■ TRY IT
Scan the entries for the word "None". Every line that has it should be copied.

■ RECORD EXCERPTS

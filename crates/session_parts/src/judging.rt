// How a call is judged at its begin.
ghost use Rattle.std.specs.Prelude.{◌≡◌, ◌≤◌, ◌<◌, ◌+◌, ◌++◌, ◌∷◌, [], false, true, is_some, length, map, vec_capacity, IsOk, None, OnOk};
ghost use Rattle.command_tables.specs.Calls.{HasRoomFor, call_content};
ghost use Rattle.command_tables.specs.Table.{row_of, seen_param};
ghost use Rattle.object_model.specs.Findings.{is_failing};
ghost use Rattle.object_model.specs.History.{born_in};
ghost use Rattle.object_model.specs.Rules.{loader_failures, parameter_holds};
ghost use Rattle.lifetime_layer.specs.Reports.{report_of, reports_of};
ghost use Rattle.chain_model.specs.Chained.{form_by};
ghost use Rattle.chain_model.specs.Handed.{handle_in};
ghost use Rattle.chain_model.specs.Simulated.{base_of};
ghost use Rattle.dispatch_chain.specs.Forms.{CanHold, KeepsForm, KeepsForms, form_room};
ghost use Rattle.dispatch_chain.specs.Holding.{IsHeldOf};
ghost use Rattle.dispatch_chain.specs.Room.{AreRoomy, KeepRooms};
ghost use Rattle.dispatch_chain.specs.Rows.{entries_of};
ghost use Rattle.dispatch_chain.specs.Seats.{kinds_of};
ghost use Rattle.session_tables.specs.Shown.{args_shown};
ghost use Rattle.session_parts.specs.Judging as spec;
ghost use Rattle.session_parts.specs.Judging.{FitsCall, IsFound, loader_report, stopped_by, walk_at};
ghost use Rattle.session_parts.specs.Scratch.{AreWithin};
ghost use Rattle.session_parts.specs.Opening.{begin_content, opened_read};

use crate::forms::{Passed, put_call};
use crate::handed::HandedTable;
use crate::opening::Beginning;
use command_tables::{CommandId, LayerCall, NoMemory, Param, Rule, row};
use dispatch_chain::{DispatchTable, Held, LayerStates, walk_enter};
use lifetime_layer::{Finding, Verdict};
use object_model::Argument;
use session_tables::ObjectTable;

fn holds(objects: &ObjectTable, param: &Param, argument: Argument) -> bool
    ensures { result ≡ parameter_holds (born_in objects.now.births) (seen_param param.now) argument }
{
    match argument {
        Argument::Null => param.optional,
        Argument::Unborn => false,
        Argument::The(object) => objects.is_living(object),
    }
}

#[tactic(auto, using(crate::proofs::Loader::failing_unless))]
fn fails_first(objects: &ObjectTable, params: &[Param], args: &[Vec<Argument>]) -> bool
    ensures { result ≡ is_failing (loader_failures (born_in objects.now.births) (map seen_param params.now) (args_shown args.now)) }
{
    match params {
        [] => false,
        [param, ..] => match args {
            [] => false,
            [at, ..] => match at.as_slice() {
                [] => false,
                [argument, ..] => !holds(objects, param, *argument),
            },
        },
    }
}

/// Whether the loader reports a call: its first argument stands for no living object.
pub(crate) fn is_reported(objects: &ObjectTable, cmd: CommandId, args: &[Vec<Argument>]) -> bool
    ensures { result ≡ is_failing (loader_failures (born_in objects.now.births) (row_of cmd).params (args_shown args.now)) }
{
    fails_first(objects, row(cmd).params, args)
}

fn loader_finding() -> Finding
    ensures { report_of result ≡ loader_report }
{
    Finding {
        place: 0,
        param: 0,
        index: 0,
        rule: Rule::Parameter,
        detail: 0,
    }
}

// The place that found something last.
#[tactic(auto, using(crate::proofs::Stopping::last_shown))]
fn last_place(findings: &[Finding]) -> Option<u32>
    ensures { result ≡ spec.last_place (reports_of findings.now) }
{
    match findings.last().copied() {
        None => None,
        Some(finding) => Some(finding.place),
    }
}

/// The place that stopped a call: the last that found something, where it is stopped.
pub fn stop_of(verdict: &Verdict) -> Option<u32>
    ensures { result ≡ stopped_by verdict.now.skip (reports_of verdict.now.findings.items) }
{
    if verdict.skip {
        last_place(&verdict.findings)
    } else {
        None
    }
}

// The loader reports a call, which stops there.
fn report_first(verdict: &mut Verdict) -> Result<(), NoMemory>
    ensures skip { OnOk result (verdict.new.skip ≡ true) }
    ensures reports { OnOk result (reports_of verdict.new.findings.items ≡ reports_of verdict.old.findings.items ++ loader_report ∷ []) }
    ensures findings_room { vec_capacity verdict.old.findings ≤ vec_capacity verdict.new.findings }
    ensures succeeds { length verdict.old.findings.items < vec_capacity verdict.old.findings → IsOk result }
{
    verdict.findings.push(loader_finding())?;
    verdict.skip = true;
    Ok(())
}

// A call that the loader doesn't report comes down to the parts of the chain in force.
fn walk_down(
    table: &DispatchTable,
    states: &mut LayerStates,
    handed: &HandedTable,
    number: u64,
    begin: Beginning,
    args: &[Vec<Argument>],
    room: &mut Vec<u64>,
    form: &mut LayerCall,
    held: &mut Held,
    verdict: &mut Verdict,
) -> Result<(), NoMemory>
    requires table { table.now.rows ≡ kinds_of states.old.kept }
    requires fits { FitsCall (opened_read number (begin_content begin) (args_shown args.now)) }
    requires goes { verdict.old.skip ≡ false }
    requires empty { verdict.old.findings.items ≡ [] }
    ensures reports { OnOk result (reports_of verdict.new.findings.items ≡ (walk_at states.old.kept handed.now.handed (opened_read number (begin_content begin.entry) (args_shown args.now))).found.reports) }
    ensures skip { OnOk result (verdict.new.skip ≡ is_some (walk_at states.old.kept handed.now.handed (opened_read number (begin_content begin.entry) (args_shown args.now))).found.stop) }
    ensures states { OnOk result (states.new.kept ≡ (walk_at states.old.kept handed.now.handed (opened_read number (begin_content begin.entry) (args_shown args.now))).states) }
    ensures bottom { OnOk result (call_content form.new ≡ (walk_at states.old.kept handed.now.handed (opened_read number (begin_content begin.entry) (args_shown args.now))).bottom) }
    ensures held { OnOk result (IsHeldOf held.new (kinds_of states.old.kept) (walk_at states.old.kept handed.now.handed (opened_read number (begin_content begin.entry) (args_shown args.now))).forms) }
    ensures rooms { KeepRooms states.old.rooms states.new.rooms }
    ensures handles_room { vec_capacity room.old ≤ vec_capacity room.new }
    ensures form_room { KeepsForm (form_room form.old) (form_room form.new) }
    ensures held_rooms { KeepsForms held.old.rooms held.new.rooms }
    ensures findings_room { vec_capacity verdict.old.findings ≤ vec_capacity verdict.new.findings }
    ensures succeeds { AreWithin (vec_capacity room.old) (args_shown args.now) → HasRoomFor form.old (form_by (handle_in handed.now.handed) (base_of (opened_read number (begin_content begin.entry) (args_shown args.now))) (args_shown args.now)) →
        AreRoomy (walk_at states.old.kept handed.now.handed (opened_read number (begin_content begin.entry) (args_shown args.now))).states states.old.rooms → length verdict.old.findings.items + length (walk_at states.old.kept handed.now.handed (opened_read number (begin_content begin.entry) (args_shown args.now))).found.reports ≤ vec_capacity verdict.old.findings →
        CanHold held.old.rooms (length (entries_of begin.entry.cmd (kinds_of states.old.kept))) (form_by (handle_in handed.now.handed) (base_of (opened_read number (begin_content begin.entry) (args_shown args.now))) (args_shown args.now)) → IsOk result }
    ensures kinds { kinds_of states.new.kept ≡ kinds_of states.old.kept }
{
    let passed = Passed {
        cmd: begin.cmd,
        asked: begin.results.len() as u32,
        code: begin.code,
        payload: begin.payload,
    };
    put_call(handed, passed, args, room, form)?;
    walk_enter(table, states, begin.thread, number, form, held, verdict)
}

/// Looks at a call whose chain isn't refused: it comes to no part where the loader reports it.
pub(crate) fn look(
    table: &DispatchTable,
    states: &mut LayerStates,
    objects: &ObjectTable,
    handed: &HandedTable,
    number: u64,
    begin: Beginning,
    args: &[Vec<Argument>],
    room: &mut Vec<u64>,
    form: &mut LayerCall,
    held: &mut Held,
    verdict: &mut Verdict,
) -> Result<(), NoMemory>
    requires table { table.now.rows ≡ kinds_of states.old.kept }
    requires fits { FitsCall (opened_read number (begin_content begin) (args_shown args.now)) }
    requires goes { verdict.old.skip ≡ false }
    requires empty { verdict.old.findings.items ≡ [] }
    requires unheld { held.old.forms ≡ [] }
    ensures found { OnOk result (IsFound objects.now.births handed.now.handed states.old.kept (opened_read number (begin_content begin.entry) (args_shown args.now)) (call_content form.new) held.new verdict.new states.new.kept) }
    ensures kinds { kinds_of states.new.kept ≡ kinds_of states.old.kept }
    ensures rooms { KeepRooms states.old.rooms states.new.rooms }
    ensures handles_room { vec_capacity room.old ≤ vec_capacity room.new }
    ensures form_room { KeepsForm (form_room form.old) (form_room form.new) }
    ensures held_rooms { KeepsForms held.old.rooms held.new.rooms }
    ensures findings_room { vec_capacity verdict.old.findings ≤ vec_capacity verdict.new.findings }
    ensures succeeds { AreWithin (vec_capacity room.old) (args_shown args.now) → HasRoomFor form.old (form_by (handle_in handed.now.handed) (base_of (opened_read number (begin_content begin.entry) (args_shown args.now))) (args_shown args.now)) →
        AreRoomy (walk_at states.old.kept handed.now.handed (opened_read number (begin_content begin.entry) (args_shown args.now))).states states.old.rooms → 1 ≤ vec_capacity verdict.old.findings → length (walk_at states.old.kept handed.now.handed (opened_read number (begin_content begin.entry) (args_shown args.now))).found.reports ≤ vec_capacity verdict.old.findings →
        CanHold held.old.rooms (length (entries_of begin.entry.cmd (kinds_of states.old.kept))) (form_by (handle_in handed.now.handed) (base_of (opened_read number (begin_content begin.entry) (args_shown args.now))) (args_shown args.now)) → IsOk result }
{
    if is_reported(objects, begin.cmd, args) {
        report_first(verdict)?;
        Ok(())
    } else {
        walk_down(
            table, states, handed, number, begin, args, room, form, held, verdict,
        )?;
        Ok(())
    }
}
* * *
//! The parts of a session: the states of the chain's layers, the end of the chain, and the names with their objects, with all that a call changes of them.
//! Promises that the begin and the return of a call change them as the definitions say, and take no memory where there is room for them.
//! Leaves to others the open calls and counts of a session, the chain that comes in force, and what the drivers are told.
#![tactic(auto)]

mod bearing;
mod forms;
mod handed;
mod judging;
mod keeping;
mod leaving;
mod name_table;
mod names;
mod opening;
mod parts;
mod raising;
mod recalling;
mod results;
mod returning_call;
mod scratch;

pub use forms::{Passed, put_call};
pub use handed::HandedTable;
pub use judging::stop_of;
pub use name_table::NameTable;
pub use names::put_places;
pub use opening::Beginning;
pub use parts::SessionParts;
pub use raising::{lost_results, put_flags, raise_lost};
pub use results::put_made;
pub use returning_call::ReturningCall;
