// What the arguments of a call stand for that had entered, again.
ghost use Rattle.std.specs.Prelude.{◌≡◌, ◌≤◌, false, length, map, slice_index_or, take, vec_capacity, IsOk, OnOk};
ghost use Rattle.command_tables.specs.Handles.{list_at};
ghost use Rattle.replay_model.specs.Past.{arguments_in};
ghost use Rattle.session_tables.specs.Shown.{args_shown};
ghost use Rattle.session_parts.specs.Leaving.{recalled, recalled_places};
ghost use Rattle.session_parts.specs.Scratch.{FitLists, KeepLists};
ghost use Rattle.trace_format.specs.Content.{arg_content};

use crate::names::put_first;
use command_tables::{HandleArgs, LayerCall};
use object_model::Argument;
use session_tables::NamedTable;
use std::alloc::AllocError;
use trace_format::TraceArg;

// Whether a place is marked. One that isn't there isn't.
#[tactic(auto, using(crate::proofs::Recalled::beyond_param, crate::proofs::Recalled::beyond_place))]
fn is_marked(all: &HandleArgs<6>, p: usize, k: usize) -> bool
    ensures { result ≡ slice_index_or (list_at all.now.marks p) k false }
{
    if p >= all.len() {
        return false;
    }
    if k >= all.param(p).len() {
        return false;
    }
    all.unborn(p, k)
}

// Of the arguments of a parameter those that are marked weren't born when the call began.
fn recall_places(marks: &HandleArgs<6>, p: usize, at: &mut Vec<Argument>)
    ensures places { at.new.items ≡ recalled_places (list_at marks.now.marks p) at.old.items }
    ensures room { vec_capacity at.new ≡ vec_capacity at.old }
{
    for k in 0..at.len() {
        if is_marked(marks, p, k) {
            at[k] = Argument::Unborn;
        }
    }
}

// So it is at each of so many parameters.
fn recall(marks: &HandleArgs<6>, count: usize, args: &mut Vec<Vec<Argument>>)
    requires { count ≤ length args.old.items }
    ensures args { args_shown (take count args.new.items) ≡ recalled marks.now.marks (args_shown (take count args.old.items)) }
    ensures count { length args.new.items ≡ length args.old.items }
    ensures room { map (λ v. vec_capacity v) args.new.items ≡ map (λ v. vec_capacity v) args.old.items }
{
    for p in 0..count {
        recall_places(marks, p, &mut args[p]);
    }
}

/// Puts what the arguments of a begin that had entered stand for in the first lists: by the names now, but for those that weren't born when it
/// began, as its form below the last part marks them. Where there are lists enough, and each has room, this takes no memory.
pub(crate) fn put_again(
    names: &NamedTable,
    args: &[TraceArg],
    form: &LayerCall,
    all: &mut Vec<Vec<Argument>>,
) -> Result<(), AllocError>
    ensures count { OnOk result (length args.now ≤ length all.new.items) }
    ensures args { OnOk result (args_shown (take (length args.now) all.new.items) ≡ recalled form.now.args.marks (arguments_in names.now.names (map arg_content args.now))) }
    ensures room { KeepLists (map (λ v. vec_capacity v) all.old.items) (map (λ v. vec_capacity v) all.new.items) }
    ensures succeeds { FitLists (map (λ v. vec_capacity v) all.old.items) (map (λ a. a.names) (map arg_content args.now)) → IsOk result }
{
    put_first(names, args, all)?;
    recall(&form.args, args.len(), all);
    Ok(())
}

■ RESPONSE TO THE TASK
ghost use Rattle.std.specs.Prelude.{◌≡◌, ◌≤◌, ◌<◌, ◌+◌, ◌++◌, ◌∷◌, [], false, true, is_some, length, map, vec_capacity, IsOk, None, OnOk};
        None => None,
        None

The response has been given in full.